Information given:
:::::
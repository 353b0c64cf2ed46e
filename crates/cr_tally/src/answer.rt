//! What a SELECT of one table answers that is made of aggregates.

ghost use Rattle.std.specs.Prelude.{◌≡◌, true, IfOk, IsTrue};
ghost use Rattle.std.specs.List.{AllByRecursion};
ghost use Rattle.std.specs.Option.{ForSome};
ghost use Rattle.cr_bags.specs.Bags.{single};
ghost use Rattle.cr_cells.specs.Calls.{Reads, is_want, StaysClean};
ghost use Rattle.cr_cells.specs.Holding.{kept_of};
ghost use Rattle.cr_exec.specs.Answers.{IsMeant};
ghost use Rattle.cr_exec.specs.Combinations.{IsOfOneTable};
ghost use Rattle.cr_lattice.specs.Keep.{join};
ghost use Rattle.cr_lattice.specs.Rows.{rows};
ghost use Rattle.cr_query.specs.Query.{answer};
ghost use Rattle.cr_meaning.specs.View as view;
ghost use Rattle.cr_pushdown.specs.Passing.{passing};
ghost use Rattle.cr_tally.specs.Queries.{AnswersOver, AreTrue, Finishes, HasOneGroup, TellsOf};

use crate::over::{OverGroup, over_group, shown_over};
use crate::show::Call;
use crate::tallies::{tallies_of, values_of, with_rows};
use crate::tally::Tally;
use cr_cells::store::{Cells, CellsError, StoreFault};
use cr_exec::order::finished;
use cr_exec::terms::{all_true, with_quiet_first};
use cr_expr::given::Hosted;
use cr_host::functions::Functions;
use cr_lattice::change::Change;
use cr_lattice::table::{Items, Row, TableDef};
use cr_pushdown::scan::{MOST_PAGES, Scan, own_changes};
use cr_replica::replica::Replica;
use cr_scalar::fault::EvalFault;
use cr_term::expr::Expr;
use cr_term::query::Query;
use cr_value::value::Value;
use std::alloc::{AllocError, Global};

// Whether a query has one group of the rows on which its terms are true.
fn has_one_group(query: &Query) -> bool
    ensures { IsTrue result → HasOneGroup query.now }
{
    query.is_grouped && query.groups.as_slice().is_empty()
}

// Whether terms are all true on each of some rows, without a fault.
fn are_true<F: Functions>(
    alloc: Global,
    functions: &F,
    rows: &[Row],
    terms: &[Expr],
    params: &[Value],
) -> Result<bool, AllocError>
    requires { F.is_faithful functions.now }
    ensures { IfOk result (λ b. b ≡ true → AllByRecursion (AreTrue (⟦<F as Hosted>⟧.means functions.now) params.now terms.now) rows.now) }
{
    let ordered = with_quiet_first(alloc, terms)?;
    for row in rows {
        match all_true(alloc, ordered.as_slice(), row.as_slice(), functions, params) {
            Ok(true) => {}
            Err(EvalFault::Memory) => return Err(AllocError),
            Ok(false) | Err(_) => return Ok(false),
        }
    }
    Ok(true)
}

// What aggregates give of the rows of a table on which terms are all true, behind the rows that they have seen; `None` where that can't
// be told so, as where a term or an aggregate has a fault.
fn tallied<'q, C: Cells, F: Functions>(
    alloc: Global,
    replica: &mut Replica<C>,
    functions: &F,
    def: &TableDef,
    changes: &[Change],
    mut tallies: Vec<Tally<'q>>,
    terms: &[Expr],
    params: &[Value],
) -> Result<Option<Vec<Tally<'q>>>, CellsError>
    requires functions { F.is_faithful functions.now }
    ensures device { StaysClean C.is_honest C.is_clean is_want replica.old replica.new result }
    ensures reads { C.is_clean replica.new → Reads (C.holding replica.old) (C.holding replica.new) result
        (λ o. ForSome o (λ v. TellsOf (⟦<F as Hosted>⟧.means functions.now) params.now terms.now tallies.entry.items (passing (⟦<F as Hosted>⟧.means functions.now) params.now terms.now def.now (join (kept_of (C.holding replica.old)) changes.now)) v.items)) }
{
    let own = own_changes(alloc, def, changes)?;
    let mut scan = Scan::new(def, &own);
    for _ in 0..MOST_PAGES {
        if scan.is_at_end() {
            return Ok(Some(tallies));
        }
        let page = match scan.next_page(alloc, replica, functions, terms, params) {
            Ok(page) => page,
            Err(error) => return Err(error),
        };
        if !are_true(alloc, functions, &page, terms, params)? {
            return Ok(None);
        }
        match with_rows(alloc, functions, tallies, &page, params) {
            Ok(Some(next)) => tallies = next,
            Ok(None) => return Ok(None),
            Err(_) => return Err(CellsError::Memory),
        }
    }
    Err(CellsError::Store(StoreFault::Refused))
}

// The rows that a query answers which evaluates this over its one group, where what the aggregates are worth is shown; `None` where one
// is over the limit or an expression has a fault.
fn answer_of<F: Functions>(
    alloc: Global,
    functions: &F,
    query: &Query,
    over: &OverGroup,
    tallies: Vec<Tally<'_>>,
    params: &[Value],
) -> Result<Option<Items<Row>>, AllocError>
    requires { F.is_faithful functions.now }
    ensures { IfOk result (λ o. ForSome o (λ answer. Finishes (⟦<F as Hosted>⟧.means functions.now) params.now query.now over.now tallies.entry.items answer)) }
{
    let Some(values) = values_of(alloc, tallies)? else {
        return Ok(None);
    };
    let Some(shown) = shown_over(alloc, functions, over, values.as_slice(), params)? else {
        return Ok(None);
    };
    Ok(Some(Items::new(finished(alloc, query, shown, functions)?)))
}

// The rows that a query answers over a table which evaluates this over its one group, where what these aggregates give is shown; `None`
// where one of them is none that SQLite has or stands in an argument, a value is over the limit, or something has a fault.
fn answer_over<C: Cells, F: Functions>(
    alloc: Global,
    replica: &mut Replica<C>,
    functions: &F,
    def: &TableDef,
    changes: &[Change],
    query: &Query,
    over: &OverGroup,
    calls: &[Call<'_>],
    params: &[Value],
) -> Result<Option<Items<Row>>, CellsError>
    requires functions { F.is_faithful functions.now }
    ensures device { StaysClean C.is_honest C.is_clean is_want replica.old replica.new result }
    ensures reads { C.is_clean replica.new → Reads (C.holding replica.old) (C.holding replica.new) result
        (λ o. ForSome o (AnswersOver (⟦<F as Hosted>⟧.means functions.now) params.now query.now over.now calls.now (passing (⟦<F as Hosted>⟧.means functions.now) params.now query.now.filter def.now (join (kept_of (C.holding replica.old)) changes.now)))) }
{
    let Some(tallies) = tallies_of(alloc, functions, calls)? else {
        return Ok(None);
    };
    let terms = query.filter.as_slice();
    match tallied(
        alloc, replica, functions, def, changes, tallies, terms, params,
    ) {
        Ok(Some(tallies)) => Ok(answer_of(alloc, functions, query, over, tallies, params)?),
        Ok(None) => Ok(None),
        Err(error) => Err(error),
    }
}

/// What a SELECT of one table answers: of what is kept, and with it of further changes, as those of an open transaction, in any order
/// and of any tables. `None` where it is not grouped or has GROUP BY, where an aggregate is none that SQLite has, where a value is over
/// the limit of 1,000,000 bytes, and where a term, an argument, an aggregate, HAVING, a result or a term of ORDER BY has a fault. The
/// table is read page by page, and beside a page one value is held for each aggregate.
///
/// `params` are the parameters' values, from number 1 on.
///
/// # Errors
/// `Memory`, or `Store(Refused)`.
pub fn answer_by_tallies<C: Cells, F: Functions>(
    alloc: Global,
    replica: &mut Replica<C>,
    functions: &F,
    def: &TableDef,
    changes: &[Change],
    query: &Query,
    params: &[Value],
) -> Result<Option<Items<Row>>, CellsError>
    requires functions { F.is_faithful functions.now }
    ensures device { StaysClean C.is_honest C.is_clean is_want replica.old replica.new result }
    ensures reads { C.is_clean replica.new → Reads (C.holding replica.old) (C.holding replica.new) result
        (λ o. ForSome o (λ rs. IsOfOneTable query.now
        → IsMeant (⟦<F as Hosted>⟧.means functions.now) params.now (λ m. answer m (view.query query.now) (single (rows (join (kept_of (C.holding replica.old)) changes.now) def.now))) rs)) }
{
    if !has_one_group(query) {
        return Ok(None);
    }
    let mut calls = Vec::new(alloc);
    let over = over_group(alloc, query, &mut calls)?;
    let calls = calls.as_slice();
    answer_over(
        alloc, replica, functions, def, changes, query, &over, calls, params,
    )
}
:::::
Work to be completed: Filter the entries above and return only the lines holding "that".

Completed task:
//! What a SELECT of one table answers that is made of aggregates.
// What aggregates give of the rows of a table on which terms are all true, behind the rows that they have seen; `None` where that can't
// The rows that a query answers which evaluates this over its one group, where what the aggregates are worth is shown; `None` where one
// The rows that a query answers over a table which evaluates this over its one group, where what these aggregates give is shown; `None`
// where one of them is none that SQLite has or stands in an argument, a value is over the limit, or something has a fault.
/// and of any tables. `None` where it is not grouped or has GROUP BY, where an aggregate is none that SQLite has, where a value is over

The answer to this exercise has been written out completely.